▸ WHAT YOU WILL DO
Which lines of the entries contain the word "unheard"? Please list them.

======== DATA

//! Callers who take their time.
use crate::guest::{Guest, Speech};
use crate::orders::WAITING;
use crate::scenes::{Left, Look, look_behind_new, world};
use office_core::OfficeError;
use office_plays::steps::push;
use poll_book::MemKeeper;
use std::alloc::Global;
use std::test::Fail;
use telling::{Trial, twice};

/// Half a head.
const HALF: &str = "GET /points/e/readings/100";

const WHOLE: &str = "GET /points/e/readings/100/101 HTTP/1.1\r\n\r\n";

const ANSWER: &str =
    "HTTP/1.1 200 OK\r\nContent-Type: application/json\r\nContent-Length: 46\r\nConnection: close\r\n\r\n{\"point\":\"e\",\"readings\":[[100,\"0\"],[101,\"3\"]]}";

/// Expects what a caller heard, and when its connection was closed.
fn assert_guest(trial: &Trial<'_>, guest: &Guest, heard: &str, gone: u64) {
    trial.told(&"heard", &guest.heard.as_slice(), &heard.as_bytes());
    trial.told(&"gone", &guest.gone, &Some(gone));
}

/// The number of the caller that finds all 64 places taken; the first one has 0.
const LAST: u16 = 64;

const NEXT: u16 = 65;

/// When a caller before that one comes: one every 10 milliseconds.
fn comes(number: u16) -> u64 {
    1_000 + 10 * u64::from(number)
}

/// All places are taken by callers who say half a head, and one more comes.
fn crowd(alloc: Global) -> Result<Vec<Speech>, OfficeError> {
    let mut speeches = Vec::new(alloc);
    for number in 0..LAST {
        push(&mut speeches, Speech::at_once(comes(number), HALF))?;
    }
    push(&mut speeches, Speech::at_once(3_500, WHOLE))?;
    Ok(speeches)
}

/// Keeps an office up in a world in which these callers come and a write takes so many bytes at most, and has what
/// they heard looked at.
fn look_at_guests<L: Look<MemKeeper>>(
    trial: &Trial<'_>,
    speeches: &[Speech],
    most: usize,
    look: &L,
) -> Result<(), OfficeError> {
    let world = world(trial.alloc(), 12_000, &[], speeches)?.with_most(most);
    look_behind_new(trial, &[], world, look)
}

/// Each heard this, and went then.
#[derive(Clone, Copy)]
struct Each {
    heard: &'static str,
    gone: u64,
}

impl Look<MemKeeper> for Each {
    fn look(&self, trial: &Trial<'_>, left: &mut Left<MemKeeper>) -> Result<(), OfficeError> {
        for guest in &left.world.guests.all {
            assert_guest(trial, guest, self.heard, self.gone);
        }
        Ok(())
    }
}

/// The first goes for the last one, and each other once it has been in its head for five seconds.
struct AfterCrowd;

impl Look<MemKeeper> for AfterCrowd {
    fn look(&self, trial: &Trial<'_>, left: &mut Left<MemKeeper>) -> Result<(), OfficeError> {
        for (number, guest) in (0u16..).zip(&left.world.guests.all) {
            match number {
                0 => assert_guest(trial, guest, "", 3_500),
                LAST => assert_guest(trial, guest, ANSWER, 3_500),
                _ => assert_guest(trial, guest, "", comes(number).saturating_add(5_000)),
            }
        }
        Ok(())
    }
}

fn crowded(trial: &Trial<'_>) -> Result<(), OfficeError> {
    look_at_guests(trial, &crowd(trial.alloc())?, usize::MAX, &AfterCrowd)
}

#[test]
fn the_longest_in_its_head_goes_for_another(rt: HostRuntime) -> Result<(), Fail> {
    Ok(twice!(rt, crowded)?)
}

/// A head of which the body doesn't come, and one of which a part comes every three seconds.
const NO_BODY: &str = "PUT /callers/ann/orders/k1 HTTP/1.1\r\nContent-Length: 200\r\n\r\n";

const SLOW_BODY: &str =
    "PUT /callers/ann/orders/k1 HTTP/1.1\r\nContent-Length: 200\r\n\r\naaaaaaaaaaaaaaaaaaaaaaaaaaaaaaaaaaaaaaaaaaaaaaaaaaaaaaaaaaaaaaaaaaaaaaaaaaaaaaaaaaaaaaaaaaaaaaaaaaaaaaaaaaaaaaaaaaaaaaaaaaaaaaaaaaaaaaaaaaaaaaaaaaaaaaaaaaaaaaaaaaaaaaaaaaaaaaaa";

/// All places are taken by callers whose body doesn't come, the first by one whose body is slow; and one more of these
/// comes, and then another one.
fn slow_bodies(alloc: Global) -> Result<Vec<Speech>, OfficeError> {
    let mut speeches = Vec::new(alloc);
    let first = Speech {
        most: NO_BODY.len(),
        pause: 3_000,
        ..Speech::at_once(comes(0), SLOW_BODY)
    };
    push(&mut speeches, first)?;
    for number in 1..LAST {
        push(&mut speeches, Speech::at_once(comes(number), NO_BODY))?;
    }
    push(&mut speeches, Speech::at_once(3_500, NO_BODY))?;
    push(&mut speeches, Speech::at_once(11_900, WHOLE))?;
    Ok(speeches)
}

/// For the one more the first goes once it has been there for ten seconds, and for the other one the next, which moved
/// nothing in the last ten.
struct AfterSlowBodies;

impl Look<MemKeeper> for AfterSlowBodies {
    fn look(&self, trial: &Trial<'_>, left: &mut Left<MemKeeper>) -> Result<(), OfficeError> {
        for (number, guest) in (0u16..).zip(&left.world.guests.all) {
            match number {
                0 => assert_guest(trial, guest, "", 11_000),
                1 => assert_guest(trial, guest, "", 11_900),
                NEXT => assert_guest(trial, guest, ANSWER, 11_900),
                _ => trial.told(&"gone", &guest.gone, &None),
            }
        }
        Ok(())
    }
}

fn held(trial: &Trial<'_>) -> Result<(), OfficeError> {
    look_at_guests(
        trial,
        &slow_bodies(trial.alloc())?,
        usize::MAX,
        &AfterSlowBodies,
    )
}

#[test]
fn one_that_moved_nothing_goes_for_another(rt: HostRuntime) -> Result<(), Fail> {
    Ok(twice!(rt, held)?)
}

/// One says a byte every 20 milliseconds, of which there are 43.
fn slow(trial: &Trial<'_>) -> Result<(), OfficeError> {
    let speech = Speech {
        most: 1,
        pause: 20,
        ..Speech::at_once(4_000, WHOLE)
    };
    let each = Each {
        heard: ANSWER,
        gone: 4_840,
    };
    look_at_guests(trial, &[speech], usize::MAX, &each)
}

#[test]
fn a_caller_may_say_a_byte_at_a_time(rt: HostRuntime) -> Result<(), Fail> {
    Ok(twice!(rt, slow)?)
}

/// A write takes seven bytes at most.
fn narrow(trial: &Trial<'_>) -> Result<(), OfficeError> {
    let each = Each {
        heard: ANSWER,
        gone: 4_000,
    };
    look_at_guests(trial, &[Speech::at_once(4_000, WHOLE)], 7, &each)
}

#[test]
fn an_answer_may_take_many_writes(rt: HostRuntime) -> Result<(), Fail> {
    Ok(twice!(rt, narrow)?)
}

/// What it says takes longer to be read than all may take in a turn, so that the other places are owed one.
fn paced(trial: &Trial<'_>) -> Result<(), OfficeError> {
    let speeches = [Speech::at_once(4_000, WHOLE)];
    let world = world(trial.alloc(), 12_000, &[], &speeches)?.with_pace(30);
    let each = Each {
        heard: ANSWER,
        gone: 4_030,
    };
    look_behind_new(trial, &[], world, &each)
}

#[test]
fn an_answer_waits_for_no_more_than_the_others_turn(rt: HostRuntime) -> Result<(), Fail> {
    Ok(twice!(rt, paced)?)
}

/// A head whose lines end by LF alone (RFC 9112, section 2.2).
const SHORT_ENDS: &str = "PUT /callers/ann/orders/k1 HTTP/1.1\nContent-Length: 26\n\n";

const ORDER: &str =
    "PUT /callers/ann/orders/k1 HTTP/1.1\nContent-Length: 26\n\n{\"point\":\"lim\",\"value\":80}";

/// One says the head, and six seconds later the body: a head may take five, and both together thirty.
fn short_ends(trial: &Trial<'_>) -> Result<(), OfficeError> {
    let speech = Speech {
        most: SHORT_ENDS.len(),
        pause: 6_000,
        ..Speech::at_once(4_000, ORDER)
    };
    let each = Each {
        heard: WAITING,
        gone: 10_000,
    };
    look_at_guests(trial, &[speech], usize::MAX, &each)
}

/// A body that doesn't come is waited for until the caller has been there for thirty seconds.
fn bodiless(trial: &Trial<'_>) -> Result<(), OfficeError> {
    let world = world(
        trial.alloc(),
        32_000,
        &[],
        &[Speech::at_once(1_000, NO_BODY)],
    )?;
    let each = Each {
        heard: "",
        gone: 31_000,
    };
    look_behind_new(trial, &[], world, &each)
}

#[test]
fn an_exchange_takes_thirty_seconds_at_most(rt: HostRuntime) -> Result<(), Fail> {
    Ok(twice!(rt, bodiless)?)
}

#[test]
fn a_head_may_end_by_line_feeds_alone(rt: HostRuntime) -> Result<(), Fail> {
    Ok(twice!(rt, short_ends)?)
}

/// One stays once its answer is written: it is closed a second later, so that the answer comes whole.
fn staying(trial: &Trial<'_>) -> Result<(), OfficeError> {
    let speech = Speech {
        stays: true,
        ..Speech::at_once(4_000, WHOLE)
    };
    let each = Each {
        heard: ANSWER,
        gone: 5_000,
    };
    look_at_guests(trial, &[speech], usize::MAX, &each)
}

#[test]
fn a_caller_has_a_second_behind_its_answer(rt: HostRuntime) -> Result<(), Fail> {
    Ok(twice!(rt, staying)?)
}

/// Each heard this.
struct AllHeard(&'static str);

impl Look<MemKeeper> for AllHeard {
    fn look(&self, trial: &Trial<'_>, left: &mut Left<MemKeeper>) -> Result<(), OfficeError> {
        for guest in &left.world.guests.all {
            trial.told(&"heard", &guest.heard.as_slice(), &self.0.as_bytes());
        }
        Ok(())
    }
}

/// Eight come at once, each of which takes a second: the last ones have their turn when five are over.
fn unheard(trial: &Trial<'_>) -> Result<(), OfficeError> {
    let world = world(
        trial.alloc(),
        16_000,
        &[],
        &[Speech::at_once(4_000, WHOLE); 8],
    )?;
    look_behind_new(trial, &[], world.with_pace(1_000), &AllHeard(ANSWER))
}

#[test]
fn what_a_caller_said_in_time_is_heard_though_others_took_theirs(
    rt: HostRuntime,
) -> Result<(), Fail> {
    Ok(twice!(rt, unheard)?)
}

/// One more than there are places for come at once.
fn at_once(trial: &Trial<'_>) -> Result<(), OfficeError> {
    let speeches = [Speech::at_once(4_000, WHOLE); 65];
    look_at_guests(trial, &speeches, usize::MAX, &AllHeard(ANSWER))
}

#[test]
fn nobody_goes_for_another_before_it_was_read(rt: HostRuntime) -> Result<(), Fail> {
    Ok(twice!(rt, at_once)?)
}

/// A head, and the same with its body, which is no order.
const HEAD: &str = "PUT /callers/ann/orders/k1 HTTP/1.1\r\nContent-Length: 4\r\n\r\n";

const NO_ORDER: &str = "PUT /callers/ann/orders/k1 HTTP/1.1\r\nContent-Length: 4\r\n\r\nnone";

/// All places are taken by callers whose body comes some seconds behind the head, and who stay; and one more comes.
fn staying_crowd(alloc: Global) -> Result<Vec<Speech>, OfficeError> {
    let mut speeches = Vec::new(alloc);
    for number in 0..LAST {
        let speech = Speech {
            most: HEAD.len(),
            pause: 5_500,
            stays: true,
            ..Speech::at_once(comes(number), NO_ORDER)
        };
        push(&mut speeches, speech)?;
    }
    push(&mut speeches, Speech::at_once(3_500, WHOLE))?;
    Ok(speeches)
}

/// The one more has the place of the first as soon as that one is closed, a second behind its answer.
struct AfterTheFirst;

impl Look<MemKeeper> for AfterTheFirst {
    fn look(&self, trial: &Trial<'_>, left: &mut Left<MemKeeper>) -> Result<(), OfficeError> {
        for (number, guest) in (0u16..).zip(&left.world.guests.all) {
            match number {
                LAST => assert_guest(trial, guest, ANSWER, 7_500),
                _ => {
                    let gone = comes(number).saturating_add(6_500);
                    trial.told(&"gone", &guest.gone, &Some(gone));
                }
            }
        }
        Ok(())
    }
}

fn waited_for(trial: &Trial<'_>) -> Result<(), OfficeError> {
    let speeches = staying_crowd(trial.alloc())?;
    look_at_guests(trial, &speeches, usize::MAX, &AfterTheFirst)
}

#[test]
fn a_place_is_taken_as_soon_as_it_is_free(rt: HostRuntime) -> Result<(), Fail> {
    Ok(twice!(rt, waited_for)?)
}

================

▸ SOLUTION BELOW
fn unheard(trial: &Trial<'_>) -> Result<(), OfficeError> {
    Ok(twice!(rt, unheard)?)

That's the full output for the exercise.